=== Provided data ===
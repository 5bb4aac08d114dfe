// The verdict of a pair.
ghost use Rattle.std.specs.Prelude.{◌≡◌, [], ◌∷◌, Ok};
ghost use Rattle.verdict.specs.Facts.{first_fault};
ghost use Rattle.x1_verdict.specs.Facts.{verdict_of};
ghost use Rattle.x2_layout.specs.inner.Bounds.{Bounded};
ghost use Rattle.x2_layout.specs.inner.Regions.{Regions};
ghost use Rattle.pair.specs.Pair.{same_station, pair_facts, pair_of};

use crate::spots::records_pair;
use envelope::{HEADER, STATION};
use tables::{number_of, place_of};
use verdict::{File, Mark, PairFault, Reason, Rule, fact};
use x2_layout::{Layout, layout_of};

// How many bytes a station has.
const STATION_SIZE: usize = 2;

// The stations are the same.
fn same_station(f: &[u8], g: &[u8]) -> Result<(), Mark>
    ensures { result ≡ first_fault (same_station f.now g.now ∷ []) }
{
    let first = number_of(f, HEADER, STATION);
    let second = number_of(g, HEADER, STATION);
    let rule = Rule::SameStation;
    fact(
        second == first,
        Reason::Station,
        HEADER as usize,
        place_of(HEADER, STATION),
        STATION_SIZE,
        rule,
    )
}

// The facts of a pair of files that are each accepted.
#[tactic(auto, using(verdict::proofs::Facts::accepted_first, verdict::proofs::Facts::refused_first), unfolding(crate::specs::Pair::pair_facts, verdict::specs::Facts::first_fault))]
fn check_pair(f: &[u8], g: &[u8], l: Layout) -> Result<(), Mark>
    requires { (verdict_of f.now ≡ Ok tt) × Bounded l × Regions g.now l }
    ensures { result ≡ first_fault (pair_facts f.now g.now l) }
{
    same_station(f, g)?;
    records_pair(f, g, l)
}

// The verdict of a pair: X.1's own fault, X.2's, and then the pair's, which is of file 2.
#[tactic(auto, unfolding(crate::specs::Pair::pair_of))]
pub fn pair_verdict(first: &[u8], second: &[u8]) -> Result<(), PairFault>
    ensures { result ≡ pair_of first.now second.now }
{
    let v = x1_verdict::verdicts::verdict_of(first);
    let Ok(()) = v else {
        return Err(PairFault {
            file: File::First,
            fault: v.unwrap_err(),
        });
    };
    let w = x2_verdict::verdict_of(second);
    let Ok(()) = w else {
        return Err(PairFault {
            file: File::Second,
            fault: w.unwrap_err(),
        });
    };
    Ok(check_pair(first, second, layout_of(second))?)
}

=== What is required ===
Line by line, set the records above down again exactly.

=== Output for this exercise ===
repository 5bb4aac08d114dfe
// The verdict of a pair.
ghost use Rattle.std.specs.Prelude.{◌≡◌, [], ◌∷◌, Ok};
ghost use Rattle.verdict.specs.Facts.{first_fault};
ghost use Rattle.x1_verdict.specs.Facts.{verdict_of};
ghost use Rattle.x2_layout.specs.inner.Bounds.{Bounded};
ghost use Rattle.x2_layout.specs.inner.Regions.{Regions};
ghost use Rattle.pair.specs.Pair.{same_station, pair_facts, pair_of};

use crate::spots::records_pair;
use envelope::{HEADER, STATION};
use tables::{number_of, place_of};
use verdict::{File, Mark, PairFault, Reason, Rule, fact};
use x2_layout::{Layout, layout_of};

// How many bytes a station has.
const STATION_SIZE: usize = 2;

// The stations are the same.
fn same_station(f: &[u8], g: &[u8]) -> Result<(), Mark>
    ensures { result ≡ first_fault (same_station f.now g.now ∷ []) }
{
    let first = number_of(f, HEADER, STATION);
    let second = number_of(g, HEADER, STATION);
    let rule = Rule::SameStation;
    fact(
        second == first,
        Reason::Station,
        HEADER as usize,
        place_of(HEADER, STATION),
        STATION_SIZE,
        rule,
    )
}

// The facts of a pair of files that are each accepted.
#[tactic(auto, using(verdict::proofs::Facts::accepted_first, verdict::proofs::Facts::refused_first), unfolding(crate::specs::Pair::pair_facts, verdict::specs::Facts::first_fault))]
fn check_pair(f: &[u8], g: &[u8], l: Layout) -> Result<(), Mark>
    requires { (verdict_of f.now ≡ Ok tt) × Bounded l × Regions g.now l }
    ensures { result ≡ first_fault (pair_facts f.now g.now l) }
{
    same_station(f, g)?;
    records_pair(f, g, l)
}

// The verdict of a pair: X.1's own fault, X.2's, and then the pair's, which is of file 2.
#[tactic(auto, unfolding(crate::specs::Pair::pair_of))]
pub fn pair_verdict(first: &[u8], second: &[u8]) -> Result<(), PairFault>
    ensures { result ≡ pair_of first.now second.now }
{
    let v = x1_verdict::verdicts::verdict_of(first);
    let Ok(()) = v else {
        return Err(PairFault {
            file: File::First,
            fault: v.unwrap_err(),
        });
    };
    let w = x2_verdict::verdict_of(second);
    let Ok(()) = w else {
        return Err(PairFault {
            file: File::Second,
            fault: w.unwrap_err(),
        });
    };
    Ok(check_pair(first, second, layout_of(second))?)
}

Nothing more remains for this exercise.